Yesterday was a rare good day for Andrew Lansley: the Health Bill survived its trial in
the House of Lords. But there are no fanfares in this morning’s press for the near-moribund health secretary. The Times, The Telegraph, The Independent and The Mail all lead with the story
that 50 per cent of English hospitals fail elderly patients according to the Quality Care Commission. Lansley may have thought that
his struggle was with nit-picking peers, who are determined that he, as the secretary state, remains ultimately accountable for the NHS in the letter of the law. But, maintaining the standard of
NHS care is his real battle.
The irony of the recent squabble between the government and the Owenites is that today’s headlines suggest it was needless. Who is the public most likely to blame for a general picture of rising waiting lists, crowded wards and uncompassionate nursing? Why, the secretary of state of course. Lansley will have to fight to ensure that such a picture does not emerge and his controversial reforms will be central to that effort; at least, that is what he implied on the Today programme this morning when he said that the reforms will give “patients an active voice” to drive up standards.
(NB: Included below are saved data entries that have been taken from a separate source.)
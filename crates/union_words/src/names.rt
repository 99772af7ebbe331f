//! Where the file of names is, as the words say.
ghost use Rattle.std.specs.Prelude.{◌≡◌};
ghost use Rattle.std.specs.Option.{option_copied};
ghost use Rattle.union_words.specs.Words;

use crate::library_file::is_path;
use crate::number::option_text;
use union_base::bytes::Bytes;

/// The path of the file of names, by a first word `--names=PATH` where there is one, and the words after it. Takes no memory.
pub(crate) fn names_in(words: &[Bytes]) -> (Option<&[u8]>, &[Bytes])
    ensures names { option_copied result.0 ≡ (Words.names_in words.now).0 }
    ensures rest { result.1.now ≡ (Words.names_in words.now).1 }
{
    match words {
        [word, rest @ ..] => match names_word(word.bytes()) {
            Some(path) => (Some(path), rest),
            None => (None, words),
        },
        [] => (None, words),
    }
}

/// The path in a word `--names=PATH`.
fn names_word(word: &[u8]) -> Option<&[u8]>
    ensures { option_copied result ≡ Words.names_word word.now }
{
    let path = option_text(b"--names=", word)?;
    if is_path(path) { Some(path) } else { None }
}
This morning’s Telegraph leader column argues that the story on its front page is proof of the need for NHS reform, and it is hard to disagree. The NHS has to find both a way of managing ever-rising costs and the means to arrest years of falling productivity. The question is whether Lansley’s reforms address those aims. It’s no secret that vast swathes of the medical professional are sceptical. Conduct an experiment when you next visit a GP: ask him if he agrees with Lansley. My GP gave an interesting answer, albeit one suffused with so much irony he became slightly glib. Yes, he said, because the last thing we want is an accountable NHS run by patients. The Times’ Camilla Cavendish explains (£) what I think he meant:
‘[The NHS BILL] was never going to make much difference to patients. It does nothing to turn the NHS into a 24/7 operation, rather than one where you dread falling ill out of hours. It will not close failing hospitals. It doesn’t address the shocking standards of nursing care in some hospitals. Worse, it is an exasperating distraction from the explosion in chronic diseases and old age that could bankrupt the NHS while people argue about the difference between “promoting” and “providing” a service. …There is nothing transformational in the Bill that requires primary legislation. Competition and GP commissioning were not invented by Andrew Lansley, the Health Secretary; they began under Labour.’
In other words, the bill is a bureaucratic consolidation, a top-down reorganisation costing more than £1.7 billion that the NHS can ill-afford to waste at present.
UPDATE: For those who want further reading, the Taxpayers’ Alliance has released a report into the UK mortality rates in comparison with other European countries. Its key findings are that substantial investment in the health service appears not to have had a discernable impact on the rate of improving mortality, and that improvements which have been made appear to be slowing in an increasingly constrained . These figures suggest that low productivity remains a key challenge for the NHS.